Table 4: Total Reported OHS Rulings Based on Due Diligence by Type of Charge in 2025
| Hazard/Operation | Total OHS Charges | Due Diligence Succeeds | Due Diligence Fails |
|---|---|---|---|
| Fall Protection | 6 | 1 | 5 |
| Powered Mobile Equipment | 5 | 1 | 4 |
| Traffic Control | 4 | 2 | 2 |
| Cranes | 4 | 1 | 3 |
| Floor Openings | 2 | 1 | 1 |
| Material Handling | 2 | 2 | 0 |
| First Aid | 2 | 0 | 2 |
| Electrical | 1 | 0 | 1 |
| Excavation Work | 1 | 0 | 1 |
| Asbestos | 1 | 0 | 1 |
| PPE | 1 | 0 | 1 |
| Ladders | 1 | 0 | 1 |
| Ventilation | 1 | 0 | 1 |
| Machine Guarding | 1 | 0 | 1 |
| Power Tools | 1 | 0 | 1 |
| Tire Explosion | 1 | 0 | 1 |
| Eye Wash Stations | 1 | 0 | 1 |
| TOTAL* | 35 | 8 | 27 |
*Charges exceed the number of cases because many cases involve multiple charges.

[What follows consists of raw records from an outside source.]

use crate::digit_text::{push_byte, push_fraction};
use crate::timestamp::{Precision, Timestamp};
use arrayvec::ArrayString;
use ion_meter::fault::Reason;
use jiff::civil::Date;
use std::simd::prelude::*;

/// The most digits that a fraction may have.
const MOST_DIGITS: usize = 38;

/// So many digits 64 bits hold, whichever they are.
const DIGITS_IN_64_BITS: usize = 19;

/// Reads a timestamp in text (Ion specification, "Timestamps").
#[inline]
pub fn timestamp_from_text(run: &[u8]) -> Result<Timestamp, Reason>
    ensures read { result ≡ timestamp_of_text run.now }
    ensures valid { IfOk result IsTimestamp }
    ensures refused { IfErr result (λ e. (e ≡ Reason.BadToken)
        ⊎ ((e ≡ Reason.Range) ⊎ (e ≡ Reason.BadTimestamp))) }
{
    let mut timestamp = Timestamp {
        precision: Precision::Year,
        year: 0,
        month: 1,
        day: 1,
        hour: 0,
        minute: 0,
        second: 0,
        fraction: 0,
        offset: None,
    };
    if let Err(reason) = read_run(&mut timestamp, run) {
        return Err(reason);
    }
    Ok(timestamp)
}

// Reads a time or a date.
#[inline]
fn read_run(timestamp: &mut Timestamp, run: &[u8]) -> Result<(), Reason>
    requires { timestamp.old ≡ unread }
    ensures { outcome result timestamp.new ≡ timestamp_of_text run.now }
{
    if run.len() >= 16 && is_minute(u8x16::from_slice(run)) {
        read_time(timestamp, run)
    } else {
        read_year(timestamp, run)
    }
}

// The number of two bytes, where they are digits.
#[inline]
fn two_digits(first: u8, second: u8) -> Option<u8>
    ensures value { result ≡ spec.two_digits first second }
    ensures small { IfSome result (λ n. n < 100) }
{
    let tens = first.wrapping_sub(b'0');
    let ones = second.wrapping_sub(b'0');
    if tens < 10 && ones < 10 {
        Some(tens * 10 + ones)
    } else {
        None
    }
}

// The number of four bytes, where they are digits.
#[inline]
fn four_digits(first: u8, second: u8, third: u8, fourth: u8) -> Option<u16>
    ensures { result ≡ spec.four_digits first second third fourth }
{
    match (two_digits(first, second), two_digits(third, fourth)) {
        (Some(hundreds), Some(ones)) => Some(hundreds as u16 * 100 + ones as u16),
        _ => None,
    }
}

// Reads the year and what stands after it.
#[inline]
fn read_year(timestamp: &mut Timestamp, run: &[u8]) -> Result<(), Reason>
    ensures { outcome result timestamp.new ≡ from_year timestamp.old run.now }
{
    match run {
        [y1, y2, y3, y4, rest @ ..] => match four_digits(*y1, *y2, *y3, *y4) {
            Some(year) => {
                timestamp.year = year;
                read_month(timestamp, rest)
            }
            None => Err(Reason::BadToken),
        },
        _ => Err(Reason::BadToken),
    }
}

// Reads what stands after the year.
#[inline]
fn read_month(timestamp: &mut Timestamp, bytes: &[u8]) -> Result<(), Reason>
    ensures { outcome result timestamp.new ≡ after_year timestamp.old bytes.now }
{
    match bytes {
        [b'T'] => check(timestamp),
        [b'-', m1, m2, rest @ ..] => match two_digits(*m1, *m2) {
            Some(month) => {
                timestamp.precision = Precision::Month;
                timestamp.month = month;
                read_day(timestamp, rest)
            }
            None => Err(Reason::BadToken),
        },
        _ => Err(Reason::BadToken),
    }
}
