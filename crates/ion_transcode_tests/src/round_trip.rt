//! What is written of a stream, as text and as binary, shows what the stream shows.

use super::catalogs::{NAME_FIRST, ONE_TABLE};
use super::devices::{answer, answer_by};
use super::runs::{Case, LIMITS, binary, text};
use super::same::same_at;
use super::tables::{Kind, expect_rows};
use ion_meter::limits::Limits;
use ion_meter::meter::Meter;
use ion_meter::stream::FromRead;
use ion_transcode::load::load_catalog;
use ion_transcode::to::{Form, Summary, To};
use std::alloc::Global;
use std::process::Abort;
use std::test::Fail;

/// What a run writes of a stream that it accepts.
fn written(rt: &impl Abort, alloc: Global, case: Case, to: To) -> Vec<u8> {
    let (outcome, out) = answer(rt, alloc, case.limits, to, case.input, Vec::new(alloc));
    same_at(
        rt,
        "there and back",
        case.row,
        0,
        (to, outcome),
        (to, case.want),
    );
    out
}

/// Asserts that binary shows this, is accepted when it is only checked, and is written again as it stands.
fn expect_back<'a>(rt: &impl Abort, alloc: Global, case: Case<'a>, shown: &'a [u8]) {
    for (to, want) in [
        (To::Text, shown),
        (To::Other, shown),
        (To::Nothing, b""),
        (To::Rewritten, case.input),
    ] {
        let back = written(rt, alloc, case, to);
        same_at(rt, "back", case.row, 0, (to, back.as_slice()), (to, want));
    }
}

/// Asserts that a text is written as binary that shows this.
fn expect_there(rt: &impl Abort, alloc: Global, case: Case, values: u64, shown: &[u8]) {
    let octets = written(rt, alloc, case, To::Binary);
    let back = Case {
        input: octets.as_slice(),
        want: binary(values),
        ..case
    };
    expect_back(rt, alloc, back, shown);
}

/// Asserts that what was shown is shown again, and is written as binary that shows it.
fn expect_again(rt: &impl Abort, alloc: Global, case: Case, values: u64) {
    let again = written(rt, alloc, case, To::Text);
    same_at(rt, "shown again", case.row, 0, again.as_slice(), case.input);
    expect_there(rt, alloc, case, values, case.input);
}

/// Asserts that a stream's pretty text shows what the stream shows, that it is its own pretty text, and that
/// it is that of what is shown too.
fn expect_pretty(rt: &impl Abort, alloc: Global, case: Case, values: u64, shown: &[u8]) {
    let pretty = written(rt, alloc, case, To::Pretty);
    let want = text(values);
    for (input, to, output) in [
        (pretty.as_slice(), To::Text, shown),
        (pretty.as_slice(), To::Pretty, pretty.as_slice()),
        (shown, To::Pretty, pretty.as_slice()),
    ] {
        let again = Case {
            input,
            want,
            ..case
        };
        let back = written(rt, alloc, again, to);
        same_at(
            rt,
            "pretty",
            case.row,
            0,
            (to, back.as_slice()),
            (to, output),
        );
    }
}

/// Asserts that a stream goes there and back, if it is accepted: what is shown of it is shown again, and so is
/// its pretty text; and what is written as binary of that, and of the stream itself if it is a text, shows the
/// same.
pub fn expect_round_trip(rt: &impl Abort, alloc: Global, case: Case) {
    if let Ok(Summary { form, values }) = case.want {
        // What is written may be longer than what was read.
        let limits = Limits {
            input: LIMITS.input,
            ..case.limits
        };
        let case = Case { limits, ..case };
        let shown = written(rt, alloc, case, To::Text);
        let again = Case {
            input: shown.as_slice(),
            want: text(values),
            ..case
        };
        expect_again(rt, alloc, again, values);
        expect_pretty(rt, alloc, case, values, shown.as_slice());
        if form == Form::Text {
            expect_there(rt, alloc, case, values, shown.as_slice());
        }
    }
}

/// Texts that are shown as they stand, and how many values they have.
const CANONICAL: &str = r#"
null%0Atrue%0Afalse%0A|3|
[null.bool,null.int,null.float,null.decimal,null.timestamp,null.symbol]%0A|1|
(null.string null.clob null.blob null.list null.sexp null.struct)%0A|1|
# Ints.
340282366920938463463374607431768211455%0A-340282366920938463463374607431768211455%0A|2|
[0,1,-1,255,-256,18446744073709551615,-18446744073709551616]%0A|1|
# Decimals.
[0.,-0.,0d1,-0d1,0.0,-0.00,0d-39,-0d-39]%0A|1|
[1.,-0.1,15d2,1d-39,-1d-39]%0A|1|
[0.00000000000000000000000000000000000001,-0.00000000000000000000000000000000000000]%0A|1|
3.40282366920938463463374607431768211455%0A|1|
-340282366920938463463374607431768211455d-39%0A|1|
[1d2147483647,-1d-2147483647]%0A|1|
# Timestamps.
[0001T,9999T,2007-02T,2004-02-29]%0A|1|
2007-02-03T04:05Z%0A2007-02-03T04:05-00:00%0A|2|
[2007-12-31T23:59:59+00:01,2008-01-01T00:00:00-08:00,2000-01-01T00:00:00.0Z]%0A|1|
[0001-01-01T23:59+23:59,9999-12-31T00:00-23:59]%0A|1|
2000-02-29T00:00:00.00000000000000000000000000000000000000-00:00%0A|1|
9999-12-31T00:00:59.99999999999999999999999999999999999999-23:59%0A|1|
# Symbols.
''%0A$%0A_%0Aa%0A'--'%0A'+inf'%0A'a b'%0A'1'%0A'a.b'%0A|9|
['null','true','false','nan','$ion_1_0','$ion_1_1','$4','$0',$0,name,$4a]%0A|1|
('+' '--' a '.' 'null' ';' '--'::'-' b::('/'))%0A|1|
'\'"\\/?\a\b\t\n\v\f\r\x00\x1f\x7f%C3%A9%F0%9F%98%80'%0A|1|
# Strings.
"'\"\\/?\a\b\t\n\v\f\r\x00\x1f\x7f%C3%A9%F0%9F%98%80"%0A|1|
"\x01\x06\x0e\x1b%C2%80%DF%BF%E0%A0%80%EF%BF%BF%F0%90%80%80%F4%8F%BF%BF"%0A|1|
["","'''","//","abcdefghijklm","abcdefghijklmn"]%0A|1|
# Clobs and blobs.
{{""}}%0A{{"\x00 '/\"\\\x7f\x80\xff"}}%0A|2|
[{{}},{{AA==}},{{AAA=}},{{AAAA}},{{//79}}]%0A|1|
# Annotations.
a::'b c'::$0::'$0'::'null'::''::name::a::1%0A|1|
a::[b::[],c::(),d::{e:f::g::h}]%0Aa::null.list%0A|2|
# What looks like a version marker or a declaration, and is a value.
a::'$ion_1_0'%0A'$ion_1_1'::5%0A'$ion_1_0'%0A{'$ion_1_0':1}%0A|4|
a::$ion_symbol_table::{symbols:["b"]}%0A$ion_symbol_table::null.struct%0A|2|
$ion_symbol_table%0A$ion_symbol_table::[$ion_symbol_table::{symbols:["a"]}]%0A|2|
$ion_shared_symbol_table::{name:"x",version:1,symbols:["a"]}%0A|1|
# Containers.
{'a b':1,'':2,$0:3,'null':4,a:5,a:6,name:7}%0A|1|
[]%0A()%0A{}%0A[[],(),{}]%0A([()] {a:[{}]})%0A|5|
[[[[[[[[[[[[[[[[[[[[[[[[[[[[[[[[[[[[[[[[[[[[[[[[[[[[[[[[[[[[[[[[]]]]]]]]]]]]]]]]]]]]]]]]]]]]]]]]]]]]]]]]]]]]]]]]]]]]]]]]]]]]]]]]%0A|1|
"#;

/// Other texts, how many values they have, and what is shown of them.
const TEXTS: &str = r#"
null.null [-0,0xFF,-0x80,0b101,1_000]|2|null%0A[0,255,-128,5,1000]%0A|
[1d1,1d0,-1d-1,1.5d3,1.0d2147483648]|1|[1d1,1.,-0.1,15d2,10d2147483647]%0A|
2007-02-03T 2007-02-03T04:05+00:00|2|2007-02-03%0A2007-02-03T04:05Z%0A|
('a' a.b '$4' $4 -- a::+ 'b'::(/))|1|(a a '.' b '$4' name '--' a::'+' b::('/'))%0A|
'\'\"\\\/\?\a\b\t\n\v\f\r\0\x7f\xe9\U0001F600'|1|'\'"\\/?\a\b\t\n\v\f\r\x00\x7f%C3%A9%F0%9F%98%80'%0A|
"\'\"\\\/\?\0\x80\u07FF\uFFFF\uDBFF\uDFFFa\%0Ab"|1|"'\"\\/?\x00%C2%80%DF%BF%EF%BF%BF%F4%8F%BF%BFab"%0A|
'''''' '''a\'b%0A''c''' /**/ '''d"\n''' 'e'|2|"a'b\n''cd\"\n"%0Ae%0A|
{{"\0\x41\/"}} {{'''a"''' '''\'b%0A'''}} {{ A A A A }}|3|{{"\x00A/"}}%0A{{"a\"'b\n"}}%0A{{AAAA}}%0A|
{"b":$0::$4::'c'::7,'''d''':8}|1|{b:$0::name::c::7,d:8}%0A|
'a b':: /* c */ d::1 a:: // c%0A 'b c'::2 a:: /**/ b::3|3|'a b'::d::1%0Aa::'b c'::2%0Aa::b::3%0A|
a::$ion_1_0 [$ion_1_0] $ion_1_1::5 $2 $ion_1_0|4|a::'$ion_1_0'%0A['$ion_1_0']%0A'$ion_1_1'::5%0A'$ion_1_0'%0A|
# Declarations.
$3::{imports:[{name:"x",max_id:1}],symbols:["a",5,"null"]} $11 $12::$13|2|a%0A$0::'null'%0A|
$3::{symbols:["a"]} $10 $3::{imports:$3,symbols:["b"]} $11::$10|2|a%0Ab::a%0A|
b $ion_1_0 $3::{symbols:["c"]} $10 $3::{symbols:[""]} {$10:b}|3|b%0Ac%0A{'':b}%0A|
"#;

#[test]
fn texts(rt: HostRuntime) {
    expect_rows(&rt, rt.alloc(), Kind::Canonical, CANONICAL);
    expect_rows(&rt, rt.alloc(), Kind::Texts, TEXTS);
}

/// Texts whose binary has several tables under a limit on them, how many values they have, and what is shown of
/// them.
const TABLES: &str = r#"
a b '' name a $0 b::[b,b]|7|a%0Ab%0A''%0Aname%0Aa%0A$0%0Ab::[b,b]%0A|symbols=17|
{a:1} {b:a} {b:c} c::b a|5|{a:1}%0A{b:a}%0A{b:c}%0Ac::b%0Aa%0A|symbols=34|
a b a c b [a] (c c)|7|a%0Ab%0Aa%0Ac%0Ab%0A[a]%0A(c c)%0A|symbols=40|
a::b 5 name::c {c:[a]} d|5|a::b%0A5%0Aname::c%0A{c:[a]}%0Ad%0A|symbols=40|
$3::{symbols:["a","b"]} $10::$11 c $10|3|a::b%0Ac%0Aa%0A|symbols=40|
"#;

// The binary is accepted under the same limit, since a version marker ends what was declared before.
#[test]
fn several_tables(rt: HostRuntime) {
    expect_rows(&rt, rt.alloc(), Kind::Texts, TABLES);
}

/// Streams, how many values they have, and what is shown of them.
const OCTETS: &str = r#"
%E0%01%00%EA%0F%1F%2F%3F%4F%5F%6F%7F%8F%9F%AF%BF%CF%DF|14|null%0Anull.bool%0Anull.int%0Anull.int%0Anull.float%0Anull.decimal%0Anull.timestamp%0Anull.symbol%0Anull.string%0Anull.clob%0Anull.blob%0Anull.list%0Anull.sexp%0Anull.struct%0A|
# Lengths and ids with leading zeros.
%E0%01%00%EA%22%00%05%72%00%04%2E%00%81%05%8E%81%61%BE%80%D3%00%84%11|6|5%0Aname%0A5%0A"a"%0A[]%0A{name:true}%0A|
# Decimals.
%E0%01%00%EA%50%51%80%52%C0%01%52%80%81%51%E6%56%07%7F%7F%7F%FF%01%56%47%7F%7F%7F%FF%81|7|0.%0A0.%0A1.%0A-1.%0A0.00000000000000000000000000000000000000%0A1d2147483647%0A-1d-2147483647%0A|
# Timestamps.
%E0%01%00%EA%63%C0%0F%D7%64%0B%9F%0F%D7%64%80%0F%D7%82%65%C0%0F%D7%82%83%67%C0%0F%D7%82%83%84%85|5|2007T%0A2007T%0A2007-02T%0A2007-02-03%0A2007-02-03T04:05-00:00%0A|
%E0%01%00%EA%67%BC%0F%D7%82%83%84%85%67%FC%0F%D7%82%83%84%85%68%0B%9F%0F%D7%82%83%84%85|3|2007-02-03T05:05+01:00%0A2007-02-03T03:05-01:00%0A2007-02-04T04:04+23:59%0A|
%E0%01%00%EA%68%80%0F%D7%82%83%84%85%86%6A%80%0F%D7%82%83%84%85%86%C1%80%6A%C0%0F%D7%82%83%84%85%86%C3%05|3|2007-02-03T04:05:06Z%0A2007-02-03T04:05:06.0Z%0A2007-02-03T04:05:06.005-00:00%0A|
# NOP pads, and a struct that is marked as sorted.
%E0%01%00%EA%00%D7%84%11%80%00%85%21%05%D1%85%84%11%85%21%05%B3%01%FF%11|3|{name:true,version:5}%0A{name:true,version:5}%0A[true]%0A|
# What looks like a version marker or a declaration, and is a value.
%E0%01%00%EA%E3%81%83%DF%E3%81%83%B0%E4%82%84%83%D0%E4%82%83%84%D0%71%02%71%03%70|6|$ion_symbol_table::null.struct%0A$ion_symbol_table::[]%0Aname::$ion_symbol_table::{}%0A'$ion_1_0'%0A$ion_symbol_table%0A$0%0A|
%E0%01%00%EA%EE%8F%81%89%DC%84%81%78%85%21%01%87%B4%81%70%81%71|1|$ion_shared_symbol_table::{name:"x",version:1,symbols:["p","q"]}%0A|
# Texts that have to be in quotes.
%E0%01%00%EA%EE%90%81%83%DD%87%BB%84%6E%75%6C%6C%82%24%34%80%21%05%71%0A%71%0D%E5%82%8B%80%71%0C%D6%8C%E4%81%8A%71%0B|4|'null'%0A$0%0A'$4'::$0::''%0A{'':'null'::'$4'}%0A|
"#;

#[test]
fn octets(rt: HostRuntime) {
    expect_rows(&rt, rt.alloc(), Kind::Octets, OCTETS);
}

/// A stream of one lob with the octets 0 to 255, and this octet before its length.
fn lob(alloc: Global, first: u8) -> Result<Vec<u8>, Fail> {
    let mut octets = Vec::from_slice(alloc, b"\xE0\x01\x00\xEA")?;
    octets.extend_from_slice(&[first, 0x02, 0x80])?;
    for octet in 0..=255 {
        octets.push(octet)?;
    }
    Ok(octets)
}

#[test]
fn lobs(rt: HostRuntime) -> Result<(), Fail> {
    for first in [0x9E, 0xAE] {
        let octets = lob(rt.alloc(), first)?;
        let case = Case {
            row: "a lob",
            limits: LIMITS,
            input: octets.as_slice(),
            want: binary(1),
        };
        expect_round_trip(&rt, rt.alloc(), case);
    }
    Ok(())
}

/// What a run by the catalogue of one table x, version 1, with the texts p and q writes of a stream that it
/// accepts.
fn written_by(rt: &impl Abort, alloc: Global, case: Case, to: To) -> Vec<u8> {
    let mut meter = Meter::new(alloc);
    let tables = FromRead::new(NAME_FIRST.as_bytes());
    let (loaded, _tables) = load_catalog(&mut meter, LIMITS, tables);
    let Ok(catalog) = loaded else {
        panic!(rt; "no catalogue")
    };
    let output = Vec::new(alloc);
    let (outcome, out) = answer_by(rt, alloc, &catalog, LIMITS, to, case.input, output);
    catalog.release(&mut meter);
    same_at(
        rt,
        "by a catalogue",
        case.row,
        0,
        (to, outcome),
        (to, case.want),
    );
    out
}

/// Asserts what a run by the catalogue shows of a stream, and that it goes there and back without the
/// catalogue.
pub fn expect_by(rt: &impl Abort, alloc: Global, case: Case, shown: &[u8]) {
    let Ok(Summary { form, values }) = case.want else {
        panic!(rt; "refused: {}", case.row)
    };
    let out = written_by(rt, alloc, case, To::Text);
    same_at(rt, "by a catalogue", case.row, 0, out.as_slice(), shown);
    let again = Case {
        input: shown,
        want: text(values),
        ..case
    };
    expect_again(rt, alloc, again, values);
    if form == Form::Text {
        let out = written_by(rt, alloc, case, To::Binary);
        let back = Case {
            input: out.as_slice(),
            want: binary(values),
            ..case
        };
        expect_back(rt, alloc, back, shown);
    }
}

/// Streams that import the table, how many values they have, and what is shown of them.
const IMPORTS: &str = r#"
$3::{imports:[{name:"x",version:1}]} $10 $11::$10|2|p%0Aq::p%0A|
$3::{imports:[{name:"x",version:7,max_id:3}],symbols:["a"]} {$11:$13} p|2|{q:a}%0Ap%0A|
$3::{imports:[{name:"x",max_id:1}]} $3::{imports:$3,symbols:[5,"q"]} [$10] $11::$12|2|[p]%0A$0::q%0A|
%E0%01%00%EA%EE%8F%81%83%DC%86%BA%D9%84%81x%85!%01%88!%02q%0A%E4%81%8Bq%0A|2|p%0Aq::p%0A|
"#;

#[test]
fn imports(rt: HostRuntime) {
    expect_rows(&rt, rt.alloc(), Kind::Imports, IMPORTS);
}

// The values of catalogues.
#[test]
fn catalogues(rt: HostRuntime) {
    expect_rows(&rt, rt.alloc(), Kind::RoundTrips, ONE_TABLE);
}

Due Diligence Losses by OHS Program Breakdown
If the Due Diligence Scorecard were on fire and you could rescue only one of its elements, it should be the analysis of why the companies that lose their due diligence defences fail. Remember the context: The OHS violation has already been proven. Now the question turns to whether the defendant exercised due diligence, that is, took all reasonable steps to prevent the violation and comply with the law. These "reasonable steps" are the make or break that determine whether the company will be liable. While each case is different, courts cite certain common OHS program flaws as the reason for ruling that defendants didn't take the required reasonable steps.
As is often the case, failure to provide adequate training was the leading OHS program breakdown in 2025. In most of these cases, the losing company did, in fact, have an active and robust OHS training program; the problem was that it didn't take adequate measures to verify that the training they provided was actually effective, i.e., that workers understood and were competent of carrying out their training. The next most common breakdown was inadequate supervision, followed by faulty or missing safe work procedures and failure to enforce safety rules.
Takeaway
As OHS coordinator, you should conduct a "reasonable steps" audit of each of the listed problem areas at your own workplace.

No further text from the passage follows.